One more thing, I'd like to do this using freely available libraries.
All suggestions are more than welcomed.
Bellow, you'll find the method I'm speaking about.
thanks for your help
Ariel B.
cv::Mat Warp::pieceWiseWarp(const cv::Mat &Isource, const cv::Mat &s, TYPE_CONVERSION type)
{
cv::Mat Idest(roi.height,roi.width,Isource.type(),cv::Scalar::all(0));
float xi, xj, xk, yi, yj, yk, x, y;
float X2X1,Y2Y1,X2X,Y2Y,XX1,YY1,X2X1_Y2Y1,a1, a2, a3, a4,b1,b2,c1,c2;
int x1, y1, x2, y2;
char k;
int nc = roi.width;
int nr = roi.height;
int channels = Isource.channels();
int N = nr * nc;
float *alphaPtr = alpha.ptr<float>(0);
float *betaPtr = beta.ptr<float>(0);
char *triMaskPtr = triMask.ptr<char>(0);
uchar *IdestPtr = Idest.data;
for(int i = 0; i < N; i++, IdestPtr += channels - 1)

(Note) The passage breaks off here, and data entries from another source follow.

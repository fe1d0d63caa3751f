//! Laws of cuts, each proved by a function that does nothing.

ghost use Rattle.clr_cuts.specs.Laws.{CutLaw, DependentLaw, ReachLaw, SafeCutLaw, TiedLaw, WholeLaw};
ghost use Rattle.clr_cuts.specs.Laws.{AuditLaw, ChangedRootLaw, OthersLaw, SplitPassLaw, PassLaw, ServedLaw, ThreePassesLaw};

/// What is covered over a safe cut is covered over the whole root. Over a cut the same needs are
/// touched as over the whole; each has the same subjects, the same rows serve it, the same witnesses
/// are picked for it, and the same members break it. The whole is a cut of itself.
pub fn cuts_answer_for_the_whole()
    ensures safe { SafeCutLaw }
    ensures cut { CutLaw }
    ensures whole { WholeLaw }
{}

/// Rows of a root that have all rows in their reach are a cut.
pub fn rows_in_reach_make_a_cut()
    ensures { ReachLaw }
{}

/// Rows of a root among which are all that are tied to members have the subjects of all needs that
/// involve one, and so the same members are dependent over them.
pub fn tied_rows_tell_dependence()
    ensures tied { TiedLaw }
    ensures dependent { DependentLaw }
{}

/// Rows of a root have all rows in their reach where a pass over all rows of the root answers none.
/// From any rows of a root three passes lead to such ones. A pass may go over one list and then over
/// another, and where the root changes, over its new rows alone.
pub fn passes_make_cuts()
    ensures none { PassLaw }
    ensures three { ThreePassesLaw }
    ensures split { SplitPassLaw }
    ensures change { ChangedRootLaw }
{}

/// Rows of a root that have what serves each need of them meet these needs just where the root does.
/// Where each need of a root is one of some such section, the broken needs of the root are those of
/// its sections.
pub fn served_rows_are_audited_alike()
    ensures rows { ServedLaw }
    ensures sections { AuditLaw }
{}

/// Where no row of other members is tied to members of a cut, or serves one of their ties, none of
/// those depends on one of these.
pub fn members_beside_a_cut_are_independent()
    ensures { OthersLaw }
{}
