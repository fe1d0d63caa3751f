//! Laws of rows that are found by their spots, each proved by a function that does nothing.

ghost use Rattle.clr_reach.specs.Laws.{FoundForGroupsLaw, FoundLaw, GroupPassLaw, TestLaw};

/// Each row in reach of a cut is found by its spots from the versions of the cut; for groups, so is
/// each row that is a subject of a member's tie or serves one.
pub fn rows_in_reach_are_found()
    ensures plans { FoundLaw }
    ensures groups { FoundForGroupsLaw }
{}

/// A test that takes each row which is found takes each row in reach, so passes by it make cuts, and
/// one that answers none shows one: for groups also one with all rows that are tied to members.
pub fn passes_by_spots_make_cuts()
    ensures test { TestLaw }
    ensures groups { GroupPassLaw }
{}
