//! Names that are gone through in their order, each taken where it can be merged next behind those taken.
ghost use Rattle.std.specs.Prelude.{◌≡◌, ◌∷◌, ◌++◌, [], List, map, IfOk, OnOk};
ghost use Rattle.clr_workspaces.specs.Marks.{Name};
ghost use Rattle.clr_merge_sets.specs.MergeSetNames.{merge_set};
ghost use Rattle.clr_merge_sets.specs.declared.plans.Plan.TheVariants as plan;
ghost use Rattle.clr_desk_orders.specs.ChoicesInOrder.{IsAddedTo, IsChosenInOrder, IsTriedInOrder};
ghost use Rattle.clr_desk_orders.specs.PlansInOrder.{IsPlannedInOrder};

use crate::certificates::planned_in_order;
use clr_cert::Certificate;
use clr_choices::{Choice, TriedName, refusal_lines};
use clr_desk_prints::Words;
use clr_engine::Office;
use clr_merge_sets::texts_of_names;
use clr_plan::Plan;
use std::alloc::{AllocError, Global};

/// Returns names and one more.
fn members_with<'a>(
    alloc: Global,
    taken: &'a [Words],
    name: &'a Words,
) -> Result<Vec<&'a str>, AllocError>
    ensures { IfOk result (λ texts. map (λ text. text.now) texts.items ≡ taken.entry.now ++ name.entry.now ∷ []) }
{
    let mut members = texts_of_names(alloc, taken)?;
    members.push(name.as_str())?;
    Ok(members)
}

/// Tries members in this order, of which the last is a name that is tried. Where the plan finds no memory, this call fails too.
fn try_members(
    alloc: Global,
    office: &Office,
    root: &str,
    members: &[&str],
    name: &str,
) -> Result<TriedName, AllocError>
    ensures { IfOk result (IsTriedInOrder office.now root.now (map (λ name. name.now) members.now) name.now) }
{
    match planned_in_order(alloc, office, root, members) {
        Plan::Cleared(certificate) => Ok(TriedName::Taken(certificate)),
        Plan::OutOfMemory => Err(AllocError),
        plan => {
            let lines = refusal_lines(alloc, office.schema(), root, members, name, &plan)?;
            Ok(TriedName::Left(lines))
        }
    }
}

/// Tries one more name behind those taken.
fn try_name(
    alloc: Global,
    office: &Office,
    root: &str,
    taken: &[Words],
    name: &Words,
) -> Result<TriedName, AllocError>
    ensures { IfOk result (IsTriedInOrder office.now root.now (taken.now ++ name.now ∷ []) name.now) }
{
    let members = members_with(alloc, taken, name)?;
    try_members(alloc, office, root, members.as_slice(), name.as_str())
}

/// Takes a name that was tried, or leaves it.
fn add(choice: &mut Choice, name: &Words, trial: TriedName) -> Result<(), AllocError>
    ensures { OnOk result (IsAddedTo choice.old name.now trial choice.new) }
{
    match trial {
        TriedName::Taken(certificate) => {
            choice.taken.push(name.copy()?)?;
            choice.certificate = certificate;
        }
        TriedName::Left(lines) => {
            choice.left.extend_from_slice(lines.as_slice())?;
            choice.is_any_left = true;
        }
    }
    Ok(())
}

/// Goes on by one more name, which is taken where it can be merged next.
fn go_on(
    alloc: Global,
    office: &Office,
    root: &str,
    choice: &mut Choice,
    name: &Words,
) -> Result<(), AllocError>
    ensures { OnOk result ((names : List Name) → IsChosenInOrder office.now root.now names choice.old
        → IsChosenInOrder office.now root.now (names ++ name.now ∷ []) choice.new) }
{
    let trial = try_name(alloc, office, root, choice.taken.as_slice(), name)?;
    add(choice, name, trial)
}

/// Goes through names in their order where none is tried yet.
fn go_through(
    alloc: Global,
    office: &Office,
    root: &str,
    names: &[Words],
    begun: Choice,
) -> Result<Choice, AllocError>
    requires { IsChosenInOrder office.now root.now [] begun }
    ensures { IfOk result (IsChosenInOrder office.now root.now names.now) }
{
    let mut choice = begun;
    for name in names {
        go_on(alloc, office, root, &mut choice, name)?;
    }
    Ok(choice)
}

/// Returns that nobody is taken yet, who is cleared by this certificate.
fn none_taken(alloc: Global, office: &Office, root: &str, nobody: Certificate) -> Choice
    requires { IsPlannedInOrder office.now (merge_set root.now []) (plan.Cleared nobody) }
    ensures { IsChosenInOrder office.now root.now [] result }
{
    Choice {
        taken: Vec::new(alloc),
        certificate: nobody,
        left: Vec::new(alloc),
        is_any_left: false,
    }
}

/// Goes through names in their order, and takes each that can be merged next behind those taken before it; of each other the lines say `left` and its
/// name, and then why: the plan of those taken before it and of it, in this order. Nobody is to be cleared, by this certificate. It fails only for want of
/// memory.
pub(crate) fn choose_in_order(
    alloc: Global,
    office: &Office,
    root: &str,
    names: &[Words],
    nobody: Certificate,
) -> Result<Choice, AllocError>
    requires { IsPlannedInOrder office.now (merge_set root.now []) (plan.Cleared nobody) }
    ensures { IfOk result (IsChosenInOrder office.now root.now names.now) }
{
    let begun = none_taken(alloc, office, root, nobody);
    go_through(alloc, office, root, names, begun)
}
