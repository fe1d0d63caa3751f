//! What is printed of names that are tried one after another, of which some are taken.
ghost use Rattle.std.specs.Prelude.{◌≡◌, ◌∷◌, ◌++◌, [], codes, false, IfOk};
ghost use Rattle.clr_cert.specs.Texts.{certificate_text};
ghost use Rattle.clr_merge_sets.specs.MergeSetNames.{merge_set};
ghost use Rattle.clr_merge_sets.specs.declared.plans.Plan.TheVariants as plan;
ghost use Rattle.clr_office_texts.specs.Drafts.{opened_in};
ghost use Rattle.clr_desk_orders.specs.ChoicePrints.{names_line};
ghost use Rattle.clr_desk_orders.specs.ChoicesInOrder.{IsChoiceInOrderPrint};
ghost use Rattle.clr_desk_orders.specs.PlansInOrder.{IsPlannedInOrder};
ghost use Rattle.clr_desk_prints.specs.NameHints.{IsHinted};
ghost use Rattle.clr_desk_prints.specs.Printing.{IsMadePrintout, IsPrintoutIn, printed, printout_of};

use crate::certificates::planned_in_order;
use crate::choices::choose_in_order;
use crate::names_lines::names_line;
use crate::plan_prints::plan_print;
use clr_cert::{Certificate, write_certificate};
use clr_choices::Choice;
use clr_desk_prints::{Print, RunFault, Words, answer_over_office, members_asked};
use clr_engine::Office;
use clr_merge_sets::texts_of_names;
use clr_plan::Plan;
use clr_rows::Schema;
use std::alloc::{AllocError, Global};

/// Returns the certificate of the members taken, and as notes who they are and why the others are left.
pub fn choice_print(alloc: Global, schema: &Schema, choice: &Choice) -> Result<Print, AllocError>
    ensures { IfOk result (λ p. printed p ≡ printout_of (certificate_text schema.now choice.now.certificate)
        (names_line (codes "kept") choice.now.taken.items ++ choice.now.left.items) choice.now.is_any_left false) }
{
    let taken = texts_of_names(alloc, choice.taken.as_slice())?;
    let mut notes = names_line(alloc, "kept", taken.as_slice())?;
    notes.extend_from_slice(choice.left.as_slice())?;
    let text = write_certificate(alloc, schema, &choice.certificate)?;
    Ok(Print::new(text, notes, choice.is_any_left, false))
}

/// Returns the members taken of those that names ask for, where nobody is cleared by this certificate.
fn print_of_choice(
    alloc: Global,
    office: &Office,
    root: &str,
    names: &[Words],
    nobody: Certificate,
) -> Result<Print, AllocError>
    requires { IsPlannedInOrder office.now (merge_set root.now []) (plan.Cleared nobody) }
    ensures { IfOk result (λ p. IsChoiceInOrderPrint root.now names.now office.now (printed p)) }
{
    let members = members_asked(alloc, office, root, names)?;
    let choice = choose_in_order(alloc, office, root, members.as_slice(), nobody)?;
    choice_print(alloc, office.schema(), &choice)
}

/// Goes through the members that names ask for in their order, and takes each that can be merged next behind those taken before it; where not even nobody is
/// cleared, what is planned for nobody.
fn print_of_names(
    alloc: Global,
    office: &Office,
    root: &str,
    names: &[Words],
) -> Result<Print, AllocError>
    ensures { IfOk result (λ p. IsChoiceInOrderPrint root.now names.now office.now (printed p)) }
{
    let nobody = texts_of_names(alloc, &[])?;
    match planned_in_order(alloc, office, root, nobody.as_slice()) {
        Plan::Cleared(certificate) => print_of_choice(alloc, office, root, names, certificate),
        plan => plan_print(alloc, office, root, nobody.as_slice(), &plan),
    }
}

/// Returns which members over the office of a text are taken, where each is that can be merged next behind those taken before it: their certificate, and as
/// notes who they are, and why each other is left, which counts as a refusal. Behind the notes are hints at names that no workspace has. Without names the
/// members are all children of the root. If a rule doesn't hold, the line that says so is the only note, and there is no text. Fails with `BadOffice` if the
/// text is no office, and with `OutOfMemory` for want of memory, which may come in place of any other answer.
pub fn answer_keep_in_order(
    alloc: Global,
    office: &[u8],
    root: &str,
    names: &[Words],
) -> Result<Print, RunFault>
    ensures { IsMadePrintout (IsPrintoutIn (IsHinted (IsChoiceInOrderPrint root.now names.now) (root.now ∷ names.now)) (opened_in office.now)) result }
{
    answer_over_office(alloc, office, root, names, |office| {
        print_of_names(alloc, office, root, names)
    })
}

if((k = triMaskPtr[i]) != -1)// the pixel do belong to delaunay
{
cv::Vec3b t = trianglesMap.row(k);
xi = s.col(1).at<float>(t[0]); yi = s.col(0).at<float>(t[0]);
xj = s.col(1).at<float>(t[1]); yj = s.col(0).at<float>(t[1]);
xk = s.col(1).at<float>(t[2]); yk = s.col(0).at<float>(t[2]);
x = xi + alphaPtr[i]*(xj - xi) + betaPtr[i]*(xk - xi);
y = yi + alphaPtr[i]*(yj - yi) + betaPtr[i]*(yk - yi);
//...some bounds checking here...
x2 = ceil(x); x1 = floor(x);
y2 = ceil(y); y1 = floor(y);
//2. use bilinear interpolation on the pixel location - see wiki for formula...
//...3. copy the resulting intensity (GL) to the destination (i,j)
X2X1 = (x2 - x1);
Y2Y1 = (y2 - y1);
X2X = (x2 - x);
Y2Y = (y2 - y);
XX1 = (x - x1);
YY1 = (y - y1);
X2X1_Y2Y1 = X2X1*Y2Y1;
a1 = (X2X*Y2Y)/(X2X1_Y2Y1);
a2 = (XX1*Y2Y)/(X2X1_Y2Y1);
a3 = (X2X*YY1)/(X2X1_Y2Y1);
a4 = (XX1*YY1)/(X2X1_Y2Y1);
b1 = (X2X/X2X1);
b2 = (XX1/X2X1);
c1 = (Y2Y/Y2Y1);
c2 = (YY1/Y2Y1);
for(int c = 0; c < channels; c++)// Consider implementing this bilinear interpolation elsewhere in another function
{
if(x1 != x2 && y1 != y2)
IdestPtr[i + c] = Isource.at<cv::Vec3b>(y1,x1)[c]*a1
+ Isource.at<cv::Vec3b>(y2,x1)[c]*a2
+ Isource.at<cv::Vec3b>(y1,x2)[c]*a3
+ Isource.at<cv::Vec3b>(y2,x2)[c]*a4;
if(x1 == x2 && y1 == y2)
IdestPtr[i + c] = Isource.at<cv::Vec3b>(y1,x1)[c];
if(x1 != x2 && y1 == y2)
IdestPtr[i + c] = Isource.at<cv::Vec3b>(y1,x1)[c]*b1 + Isource.at<cv::Vec3b>(y1,x2)[c]*b2;
if(x1 == x2 && y1 != y2)
IdestPtr[i + c] = Isource.at<cv::Vec3b>(y1,x1)[c]*c1 + Isource.at<cv::Vec3b>(y2,x1)[c]*c2;
}
}
if(type == CONVERT_TO_CV_32FC3)
Idest.convertTo(Idest,CV_32FC3);
if(type == NORMALIZE_TO_1)
Idest.convertTo(Idest,CV_32FC3,1/255.);
return Idest;
}
I would suggest:
1.Change division by a common factor to multiplication.
i.e. from a = a1/d; b = b1/d to d_1 = 1/d; a = a1*d_1; b = b1*d_1
2.Eliminate the four if test to a single bilinear interpolation.
I'm not sure whether that would help you. You could have a try.